Task prompt:
Scan the entries below and report only how many lines contain "WritesAtMost".
:: Record excerpts
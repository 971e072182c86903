//! Checksums of 128 bits, and streams with a checksum of the bytes that pass.
ghost use Rattle.std.specs.Prelude.{◌≡◌, ℕ, [], ◌++◌, take, IfOk, OnOk, OnErr};
ghost use Rattle.std.specs.Io.{WritesAtMost, ReadsAtMost};
ghost use Rattle.std.specs.Io.KnownBytes.{WriteAppends, Appends, ReadConsumes, Consumes, Keeps};
ghost use Rattle.std.specs.Io.Seek.{SeekMoves};

use crate::error::{Error, Result};
use crate::ghost_state::history::History;
use crate::hash::BlockHash;
use crate::input::Input;
use crate::output::Output;
use std::io::{ErrorKind, Read, Seek, SeekFrom, Write};
use std::marker::Model;
use std::{fmt, io};

/// The hash function of a checksum.
#[derive(Clone, Copy, Debug, PartialEq, Eq)]
pub enum ChecksumType {
    /// XXH3 with 128 bits. Byte 0.
    Xxh3,
}

/// The byte of a hash function.
impl From<ChecksumType> for u8 {
    ghost from_gives = { λ _ byte. byte ≡ 0 };

    fn from(checksum_type: ChecksumType) -> u8 {
        match checksum_type {
            ChecksumType::Xxh3 => 0,
        }
    }
}

/// A checksum of 128 bits. Clauses see the number.
#[derive(Clone, Copy, Debug, PartialEq, Eq)]
pub struct Checksum(u128);

impl Model for Checksum {
    ghost use Rattle.std.specs.Prelude.{ℕ};

    ghost Value = { ℕ };

    ghost view = { λ c. c.0 };

    ghost inverse = { λ n. record { 0 = n } };
}

impl Checksum {
    /// Makes the checksum of a number.
    pub fn from_raw(value: u128) -> Checksum
        ensures { result ≡ value }
    {
        Checksum(value)
    }

    /// Returns the number.
    pub fn into_u128(self) -> u128
        ensures { result ≡ self }
    {
        self.0
    }
}

/// Writes `Checksum(5)` for 5.
impl fmt::Display for Checksum {
    fn fmt<W: fmt::Write>(&self, f: &mut fmt::Formatter<W>) -> fmt::Result {
        write!(f, "Checksum({})", self.0)
    }
}

// A stream of a hash function, and the bytes that it was given. Clauses see these bytes.
#[derive(Drop)]
struct Hashing<H: BlockHash> {
    stream: H,
    taken: History<u8>,
}

impl<H: BlockHash> Model for Hashing<H> {
    ghost use Rattle.std.specs.Prelude.{List, ℕ};

    ghost Value = { List ℕ };

    ghost view = { λ s. s.taken };

    ghost invariant = { λ s. H.has_taken s.stream s.taken };
}

impl<H: BlockHash> Hashing<H> {
    // Starts a stream.
    fn new() -> Hashing<H>
        ensures { result ≡ [] }
    {
        Hashing {
            stream: H::start(),
            taken: History::new(),
        }
    }

    // Adds bytes.
    fn update(&mut self, bytes: &[u8])
        ensures { self.new ≡ self.old ++ bytes.now }
    {
        self.stream.update(bytes);
        self.taken.extend_from_slice(bytes);
    }

    // The checksum of the bytes.
    fn checksum(&self) -> Checksum
        ensures { result ≡ H.hash128 self.now }
    {
        Checksum::from_raw(self.stream.digest128())
    }
}

/// A writer with a checksum of the bytes that it accepted.
#[derive(Drop)]
pub struct ChecksummedWriter<W, H: BlockHash> {
    inner: W,
    accepted: Hashing<H>,
}

impl<W, H: BlockHash> Model for ChecksummedWriter<W, H> {
    ghost use Rattle.sst_base.specs.Streams.{HashedStream};

    ghost Value = { HashedStream W };

    ghost view = { λ w. record { inner = w.inner; passed = w.accepted } };
}

impl<W, H: BlockHash> ChecksummedWriter<W, H> {
    ghost use Rattle.std.specs.Borrow.{sem, Lends};
    ghost use Rattle.sst_base.specs.contracts.checksum.ChecksummedWriter.{the_row};

    /// Wraps a writer. No byte was accepted yet.
    pub fn new(writer: W) -> ChecksummedWriter<W, H>
        ensures { result ≡ record { inner = writer; passed = [] } }
    {
        ChecksummedWriter {
            inner: writer,
            accepted: Hashing::new(),
        }
    }

    /// Returns the checksum of the bytes accepted.
    pub fn checksum(&self) -> Checksum
        ensures { result ≡ H.hash128 self.now.passed }
    {
        self.accepted.checksum()
    }

    /// Returns the writer, borrowed. What is written to it directly is not part of the checksum.
    pub fn inner_mut(&mut self) -> &mut W
        ensures value { result.now ≡ self.old.inner }
        ensures* writes_back { sem 𝓛
            (Lends (the_row W.row H.row H.BlockHash) W.row self.entry result
            (λ w. record { inner = w; passed = self.old.passed })) }
    {
        &mut self.inner
    }
}

impl<W: Write, H: BlockHash> Write for ChecksummedWriter<W, H> {
    ghost contents = { λ w. W.contents w.inner };

    fn write(&mut self, buf: &[u8]) -> io::Result<usize>
        ensures bound { WritesAtMost result buf.now }
        ensures bytes { WriteAppends (W.contents self.old.inner) (W.contents self.new.inner) result
            buf.now }
        ensures accepted { IfOk result
            (λ n. self.new.passed ≡ self.old.passed ++ take n buf.now) }
        ensures refused { OnErr result (self.new.passed ≡ self.old.passed) }
    {
        let n = self.inner.write(buf)?;
        self.accepted.update(&buf[..n]);
        Ok(n)
    }

    fn flush(&mut self) -> io::Result<()>
        ensures bytes { Keeps (W.contents self.old.inner) (W.contents self.new.inner) }
        ensures accepted { self.new.passed ≡ self.old.passed }
    {
        self.inner.flush()
    }

    fn write_all(&mut self, buf: &[u8]) -> io::Result<()>
        ensures bytes { OnOk result
            (Appends (W.contents self.old.inner) (W.contents self.new.inner) buf.now) }
        ensures accepted { OnOk result (self.new.passed ≡ self.old.passed ++ buf.now) }
        ensures cut_short { OnErr result
            ((n : ℕ)
            × Appends (W.contents self.old.inner) (W.contents self.new.inner) (take n buf.now)
            × (self.new.passed ≡ self.old.passed ++ take n buf.now)) }
    {
        let mut at = 0usize;
        for _ in 0..u64::MAX {
            if at >= buf.len() {
                return Ok(());
            }
            match self.write(&buf[at..]) {
                Ok(0) => return Err(io::Error::from(ErrorKind::WriteZero)),
                Ok(n) => at += n,
                Err(e) => {
                    if e.kind() != ErrorKind::Interrupted {
                        return Err(e);
                    }
                }
            }
        }
        Err(io::Error::from(ErrorKind::Other))
    }
}

impl<W: Write, H: BlockHash> Output for ChecksummedWriter<W, H> {
    fn put(&mut self, bytes: &[u8]) -> io::Result<()> {
        self.write_all(bytes)
    }
}

impl<W: Seek, H: BlockHash> Seek for ChecksummedWriter<W, H> {
    ghost stream_position = { λ w. W.stream_position w.inner };

    ghost stream_bytes = { λ w. W.stream_bytes w.inner };

    fn seek(&mut self, to: SeekFrom) -> io::Result<u64>
        ensures moves { SeekMoves (W.stream_position self.old.inner)
            (W.stream_position self.new.inner) (W.stream_bytes self.old.inner) to result }
        ensures bytes { Keeps (W.stream_bytes self.old.inner) (W.stream_bytes self.new.inner) }
        ensures accepted { self.new.passed ≡ self.old.passed }
    {
        self.inner.seek(to)
    }
}

/// A reader with a checksum of the bytes that it gave.
#[derive(Drop)]
pub struct ChecksummedReader<R, H: BlockHash> {
    inner: R,
    given: Hashing<H>,
}

impl<R, H: BlockHash> Model for ChecksummedReader<R, H> {
    ghost use Rattle.sst_base.specs.Streams.{HashedStream};

    ghost Value = { HashedStream R };

    ghost view = { λ r. record { inner = r.inner; passed = r.given } };
}

impl<R, H: BlockHash> ChecksummedReader<R, H> {
    /// Wraps a reader. No byte was given yet.
    pub fn new(reader: R) -> ChecksummedReader<R, H>
        ensures { result ≡ record { inner = reader; passed = [] } }
    {
        ChecksummedReader {
            inner: reader,
            given: Hashing::new(),
        }
    }

    /// Returns the checksum of the bytes given.
    pub fn checksum(&self) -> Checksum
        ensures { result ≡ H.hash128 self.now.passed }
    {
        self.given.checksum()
    }

    /// Returns the reader.
    pub fn into_inner(self) -> R
        ensures { result ≡ self.inner }
    {
        self.inner
    }
}

impl<R: Read, H: BlockHash> Read for ChecksummedReader<R, H> {
    ghost remaining = { λ r. R.remaining r.inner };

    fn read(&mut self, buf: &mut [u8]) -> io::Result<usize>
        ensures bound { ReadsAtMost result buf.new }
        ensures bytes { ReadConsumes (R.remaining self.old.inner) (R.remaining self.new.inner)
            result buf.new }
        ensures given { IfOk result (λ n. self.new.passed ≡ self.old.passed ++ take n buf.new) }
        ensures refused { OnErr result (self.new.passed ≡ self.old.passed) }
    {
        let n = self.inner.read(buf)?;
        self.given.update(&buf[..n]);
        Ok(n)
    }
}

impl<R: Input, H: BlockHash> Input for ChecksummedReader<R, H> {
    ghost use Rattle.std.specs.Prelude.{◌<◌, ◌≤◌, ◌+◌, ◌⊎◌, List, length, drop, IfSome, IfErr};
    ghost use Rattle.std.specs.Vec.{vec_len, vec_capacity};
    ghost use Rattle.std.specs.Prelude.{IsOkUnless, MatchResult};
    ghost use Rattle.sst_base.specs.declared.error.Error.TheVariants.{Io, Memory};

    ghost is_memory = { λ r. R.is_memory r.inner };

    ghost whole = { λ r. R.whole r.inner };

    fn fill(&mut self, buf: &mut [u8]) -> Result<()>
        ensures ok { OnOk result
            (Consumes (R.remaining self.old.inner) (R.remaining self.new.inner) buf.new) }
        ensures io { IsOkUnless result Error.Io }
        ensures end { OnErr result (R.is_memory self.old.inner
            → IfSome (R.remaining self.old.inner) (λ bytes. length bytes < length buf.old)) }
        ensures kept { R.is_memory self.old.inner → R.is_memory self.new.inner }
        ensures whole { R.whole self.new.inner ≡ R.whole self.old.inner }
        ensures given { OnOk result (self.new.passed ≡ self.old.passed ++ buf.new) }
        ensures refused { OnErr result (self.new.passed ≡ self.old.passed) }
    {
        self.inner.fill(buf)?;
        self.given.update(buf);
        Ok(())
    }

    fn append(&mut self, buf: &mut Vec<u8>, len: usize) -> Result<()>
        ensures ok { OnOk result ((bytes : List ℕ)
            × Consumes (R.remaining self.old.inner) (R.remaining self.new.inner) bytes
            × (buf.new.items ≡ buf.old.items ++ bytes)) }
        ensures len { OnOk result (length buf.new.items ≡ length buf.old.items + len) }
        ensures errors { IfErr result (λ e. (e ≡ Io) ⊎ (e ≡ Memory)) }
        ensures room { vec_len buf.old + len ≤ vec_capacity buf.old → IsOkUnless result Error.Io }
        ensures end { IfErr result (λ e. e ≡ Io → R.is_memory self.old.inner
            → IfSome (R.remaining self.old.inner) (λ bytes. length bytes < len)) }
        ensures kept { R.is_memory self.old.inner → R.is_memory self.new.inner }
        ensures whole { R.whole self.new.inner ≡ R.whole self.old.inner }
        ensures given { MatchResult result
            (λ _. self.new.passed ≡ self.old.passed ++ drop (length buf.old.items) buf.new.items)
            (λ _. self.new.passed ≡ self.old.passed) }
    {
        let start = buf.as_slice().len();
        self.inner.append(buf, len)?;
        self.given.update(&buf[start..]);
        Ok(())
    }
}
::::
Solution for this task:
2